What is money? We all assume we know, because money is a commonplace feature of everyday life. Money is what we earn and exchange for goods and services. Everyone thinks the money they’re familiar with is the only possible system of money—until they run across an entirely different system of money.
Then they realize money is a social construct, a confluence of social consensus and political force– what we agree to use as money, and what our government mandates we use as money under threat of punishment.
We assume that our monetary system is much like a Law of Nature: since it’s ubiquitous, it must be the only possible system.
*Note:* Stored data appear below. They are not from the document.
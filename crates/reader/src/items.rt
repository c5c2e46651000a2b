// The numbers of a code, and what each is: an operator, or a symbol with the letters that it stands for.
ghost use Rattle.std.specs.Prelude.{◌≡◌};
ghost use Rattle.reader.specs.Code.{letters_number, item_of};

// The numbers of a code: the operators, those on one operand first, then the symbols. `item_of` says what a number is.
pub const INVERSE: u64 = 0;

pub const STAR: u64 = 1;

pub const PLUS: u64 = 2;

pub const OPTIONAL: u64 = 3;

pub const ALTERNATIVE: u64 = 4;

pub const SEQUENCE: u64 = 5;

// A number that no code has.
pub const NO_MARK: u64 = 6;

// The first number of a symbol, which stands for no letter; and how many sets of labels there are.
const FIRST_LETTERS: u64 = 8;

const LABEL_SETS: u64 = 67108864;

// What a number of a code is: the letters that a symbol stands for, or an operator. The letters are two sets of labels, of 26 bits: bit l of the
// first is set if the letter l is one of them plain, so that links of the label l are crossed forward; bit l of the second if it is inverted, so that
// they are crossed against their sense.
#[derive(Clone, Copy)]
pub enum Item {
    Letters(u32, u32),
    Inverse,
    Star,
    Plus,
    Optional,
    Alternative,
    Sequence,
}

pub fn item_of(number: u64) -> Item
    ensures { result ≡ item_of number }
{
    if number == INVERSE {
        return Item::Inverse;
    }
    if number == STAR {
        return Item::Star;
    }
    if number == PLUS {
        return Item::Plus;
    }
    if number == OPTIONAL {
        return Item::Optional;
    }
    if number == ALTERNATIVE {
        return Item::Alternative;
    }
    if number < FIRST_LETTERS {
        return Item::Sequence;
    }
    let letters = number - FIRST_LETTERS;
    Item::Letters(
        (letters % LABEL_SETS) as u32,
        (letters / LABEL_SETS % LABEL_SETS) as u32,
    )
}

// The number of a symbol that stands for these letters.
pub fn letters_number(forward: u32, against: u32) -> u64
    ensures { result ≡ letters_number forward against }
{
    FIRST_LETTERS + forward as u64 + against as u64 * LABEL_SETS
}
But there are no financial Laws of Nature for money. In the past, notched sticks served as money. In other non-Western cultures, giant stone disks (rai, a traditional form of money on the island of Yap) and even salt served as money.
In our experience, 1) money is issued by a government or central bank (i.e. a currency), and each of these currencies is the sole form of legal money (legal tender) in the nation-state that issues the currency; 2) each of these currencies is available in physical coins and paper bills and digitally as entries in bank and credit card accounts; 3) our currency is borrowed into existence by the central bank or by fractional reserve lending in private banks, and 4) this currency meets all of the utility traditionally required of money:
1. It is divisible into smaller units, i.e. a dollar is divided into quarters, dimes, nickels and pennies, or it is a small unit (for example, the Japanese yen, which is roughly equivalent to a U.S. penny).
2. It is secure, i.e. everyone can’t just print or make their own in unlimited quantities.